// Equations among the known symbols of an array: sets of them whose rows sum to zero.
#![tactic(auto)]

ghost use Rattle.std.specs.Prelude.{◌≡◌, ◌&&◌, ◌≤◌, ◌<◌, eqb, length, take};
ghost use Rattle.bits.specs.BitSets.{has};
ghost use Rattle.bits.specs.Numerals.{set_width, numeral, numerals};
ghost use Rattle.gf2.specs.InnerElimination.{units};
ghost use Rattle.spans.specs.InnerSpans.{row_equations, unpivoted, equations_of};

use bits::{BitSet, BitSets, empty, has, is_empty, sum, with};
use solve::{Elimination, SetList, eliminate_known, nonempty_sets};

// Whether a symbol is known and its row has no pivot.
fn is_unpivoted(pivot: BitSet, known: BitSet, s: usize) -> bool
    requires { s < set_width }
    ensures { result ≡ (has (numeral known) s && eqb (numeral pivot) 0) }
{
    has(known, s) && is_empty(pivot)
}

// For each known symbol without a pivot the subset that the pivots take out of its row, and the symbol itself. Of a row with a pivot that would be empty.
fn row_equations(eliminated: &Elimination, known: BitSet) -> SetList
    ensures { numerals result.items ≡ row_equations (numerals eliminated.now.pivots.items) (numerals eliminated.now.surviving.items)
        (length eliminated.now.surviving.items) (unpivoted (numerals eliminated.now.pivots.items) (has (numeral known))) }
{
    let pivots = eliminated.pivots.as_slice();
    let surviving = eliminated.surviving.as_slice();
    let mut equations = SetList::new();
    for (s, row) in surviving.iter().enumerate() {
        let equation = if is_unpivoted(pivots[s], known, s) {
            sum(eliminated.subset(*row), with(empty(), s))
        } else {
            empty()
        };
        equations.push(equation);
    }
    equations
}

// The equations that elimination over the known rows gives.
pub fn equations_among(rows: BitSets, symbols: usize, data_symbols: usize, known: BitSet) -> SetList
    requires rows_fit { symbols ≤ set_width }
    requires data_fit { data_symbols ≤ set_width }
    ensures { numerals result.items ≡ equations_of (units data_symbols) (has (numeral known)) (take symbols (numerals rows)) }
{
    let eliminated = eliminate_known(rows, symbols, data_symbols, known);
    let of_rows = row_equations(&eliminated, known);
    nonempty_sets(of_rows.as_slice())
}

──────

Your answer must consist solely of the lines from the one containing "let of_rows = row_equations(&eliminated, known);" through the last line of the entries, reproduced exactly.

    let of_rows = row_equations(&eliminated, known);
    nonempty_sets(of_rows.as_slice())
}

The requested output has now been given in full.